PROBLEM: Please repeat all of the records, keeping every word unchanged.

*** Opening of SUPPLIED MATERIAL ***

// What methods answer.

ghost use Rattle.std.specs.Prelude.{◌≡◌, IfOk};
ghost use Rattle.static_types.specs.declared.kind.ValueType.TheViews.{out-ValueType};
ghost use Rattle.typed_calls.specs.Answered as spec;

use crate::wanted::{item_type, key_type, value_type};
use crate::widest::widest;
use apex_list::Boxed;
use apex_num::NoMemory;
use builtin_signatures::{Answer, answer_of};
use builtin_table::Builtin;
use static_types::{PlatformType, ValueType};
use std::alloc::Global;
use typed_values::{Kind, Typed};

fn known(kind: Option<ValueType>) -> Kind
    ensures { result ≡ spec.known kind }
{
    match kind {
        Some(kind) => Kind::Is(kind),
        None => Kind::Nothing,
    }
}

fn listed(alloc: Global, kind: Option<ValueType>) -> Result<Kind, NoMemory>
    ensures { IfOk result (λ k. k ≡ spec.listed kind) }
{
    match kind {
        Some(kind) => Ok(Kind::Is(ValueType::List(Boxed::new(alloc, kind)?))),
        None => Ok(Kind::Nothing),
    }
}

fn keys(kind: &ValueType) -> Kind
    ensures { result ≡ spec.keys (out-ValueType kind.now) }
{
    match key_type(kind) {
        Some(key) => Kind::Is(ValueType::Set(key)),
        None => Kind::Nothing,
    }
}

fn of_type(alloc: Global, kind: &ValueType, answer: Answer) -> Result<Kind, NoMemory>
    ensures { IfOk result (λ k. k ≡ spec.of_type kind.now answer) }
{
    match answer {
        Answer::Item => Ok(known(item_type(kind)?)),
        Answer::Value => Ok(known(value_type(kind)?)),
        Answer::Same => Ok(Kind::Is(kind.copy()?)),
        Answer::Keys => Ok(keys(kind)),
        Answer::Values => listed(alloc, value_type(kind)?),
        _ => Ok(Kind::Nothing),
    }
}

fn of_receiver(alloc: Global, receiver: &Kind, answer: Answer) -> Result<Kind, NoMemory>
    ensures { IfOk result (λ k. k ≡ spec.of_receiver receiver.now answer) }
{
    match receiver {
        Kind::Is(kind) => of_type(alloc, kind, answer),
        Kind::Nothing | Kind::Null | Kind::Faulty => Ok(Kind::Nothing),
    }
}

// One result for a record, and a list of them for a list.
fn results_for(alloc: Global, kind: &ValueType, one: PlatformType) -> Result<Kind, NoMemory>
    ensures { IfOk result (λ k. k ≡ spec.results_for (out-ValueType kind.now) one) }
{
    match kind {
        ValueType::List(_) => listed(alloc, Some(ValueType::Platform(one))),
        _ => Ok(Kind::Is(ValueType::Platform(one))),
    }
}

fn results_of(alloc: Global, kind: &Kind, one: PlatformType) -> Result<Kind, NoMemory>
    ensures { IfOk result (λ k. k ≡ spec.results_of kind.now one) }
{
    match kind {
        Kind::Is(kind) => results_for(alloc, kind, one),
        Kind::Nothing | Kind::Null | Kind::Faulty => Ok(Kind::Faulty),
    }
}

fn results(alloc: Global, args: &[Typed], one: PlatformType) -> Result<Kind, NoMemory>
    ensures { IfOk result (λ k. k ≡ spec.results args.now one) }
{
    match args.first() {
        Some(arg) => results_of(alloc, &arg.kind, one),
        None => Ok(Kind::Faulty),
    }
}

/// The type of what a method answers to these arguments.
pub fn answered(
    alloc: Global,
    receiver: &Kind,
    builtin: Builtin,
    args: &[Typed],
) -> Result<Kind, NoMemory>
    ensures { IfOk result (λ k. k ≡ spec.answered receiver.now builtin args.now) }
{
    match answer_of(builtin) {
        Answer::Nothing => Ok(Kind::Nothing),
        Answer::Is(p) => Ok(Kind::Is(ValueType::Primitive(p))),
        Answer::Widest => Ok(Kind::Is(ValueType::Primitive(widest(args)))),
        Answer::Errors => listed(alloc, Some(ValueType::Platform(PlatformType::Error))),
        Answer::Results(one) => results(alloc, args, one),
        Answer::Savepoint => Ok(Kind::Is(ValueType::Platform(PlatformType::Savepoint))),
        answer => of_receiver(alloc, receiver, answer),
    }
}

*** Close of SUPPLIED MATERIAL ***

EXERCISE RESPONSE:
// What methods answer.

ghost use Rattle.std.specs.Prelude.{◌≡◌, IfOk};
ghost use Rattle.static_types.specs.declared.kind.ValueType.TheViews.{out-ValueType};
ghost use Rattle.typed_calls.specs.Answered as spec;

use crate::wanted::{item_type, key_type, value_type};
use crate::widest::widest;
use apex_list::Boxed;
use apex_num::NoMemory;
use builtin_signatures::{Answer, answer_of};
use builtin_table::Builtin;
use static_types::{PlatformType, ValueType};
use std::alloc::Global;
use typed_values::{Kind, Typed};

fn known(kind: Option<ValueType>) -> Kind
    ensures { result ≡ spec.known kind }
{
    match kind {
        Some(kind) => Kind::Is(kind),
        None => Kind::Nothing,
    }
}

fn listed(alloc: Global, kind: Option<ValueType>) -> Result<Kind, NoMemory>
    ensures { IfOk result (λ k. k ≡ spec.listed kind) }
{
    match kind {
        Some(kind) => Ok(Kind::Is(ValueType::List(Boxed::new(alloc, kind)?))),
        None => Ok(Kind::Nothing),
    }
}

fn keys(kind: &ValueType) -> Kind
    ensures { result ≡ spec.keys (out-ValueType kind.now) }
{
    match key_type(kind) {
        Some(key) => Kind::Is(ValueType::Set(key)),
        None => Kind::Nothing,
    }
}

fn of_type(alloc: Global, kind: &ValueType, answer: Answer) -> Result<Kind, NoMemory>
    ensures { IfOk result (λ k. k ≡ spec.of_type kind.now answer) }
{
    match answer {
        Answer::Item => Ok(known(item_type(kind)?)),
        Answer::Value => Ok(known(value_type(kind)?)),
        Answer::Same => Ok(Kind::Is(kind.copy()?)),
        Answer::Keys => Ok(keys(kind)),
        Answer::Values => listed(alloc, value_type(kind)?),
        _ => Ok(Kind::Nothing),
    }
}

fn of_receiver(alloc: Global, receiver: &Kind, answer: Answer) -> Result<Kind, NoMemory>
    ensures { IfOk result (λ k. k ≡ spec.of_receiver receiver.now answer) }
{
    match receiver {
        Kind::Is(kind) => of_type(alloc, kind, answer),
        Kind::Nothing | Kind::Null | Kind::Faulty => Ok(Kind::Nothing),
    }
}

// One result for a record, and a list of them for a list.
fn results_for(alloc: Global, kind: &ValueType, one: PlatformType) -> Result<Kind, NoMemory>
    ensures { IfOk result (λ k. k ≡ spec.results_for (out-ValueType kind.now) one) }
{
    match kind {
        ValueType::List(_) => listed(alloc, Some(ValueType::Platform(one))),
        _ => Ok(Kind::Is(ValueType::Platform(one))),
    }
}

fn results_of(alloc: Global, kind: &Kind, one: PlatformType) -> Result<Kind, NoMemory>
    ensures { IfOk result (λ k. k ≡ spec.results_of kind.now one) }
{
    match kind {
        Kind::Is(kind) => results_for(alloc, kind, one),
        Kind::Nothing | Kind::Null | Kind::Faulty => Ok(Kind::Faulty),
    }
}

fn results(alloc: Global, args: &[Typed], one: PlatformType) -> Result<Kind, NoMemory>
    ensures { IfOk result (λ k. k ≡ spec.results args.now one) }
{
    match args.first() {
        Some(arg) => results_of(alloc, &arg.kind, one),
        None => Ok(Kind::Faulty),
    }
}

/// The type of what a method answers to these arguments.
pub fn answered(
    alloc: Global,
    receiver: &Kind,
    builtin: Builtin,
    args: &[Typed],
) -> Result<Kind, NoMemory>
    ensures { IfOk result (λ k. k ≡ spec.answered receiver.now builtin args.now) }
{
    match answer_of(builtin) {
        Answer::Nothing => Ok(Kind::Nothing),
        Answer::Is(p) => Ok(Kind::Is(ValueType::Primitive(p))),
        Answer::Widest => Ok(Kind::Is(ValueType::Primitive(widest(args)))),
        Answer::Errors => listed(alloc, Some(ValueType::Platform(PlatformType::Error))),
        Answer::Results(one) => results(alloc, args, one),
        Answer::Savepoint => Ok(Kind::Is(ValueType::Platform(PlatformType::Savepoint))),
        answer => of_receiver(alloc, receiver, answer),
    }
}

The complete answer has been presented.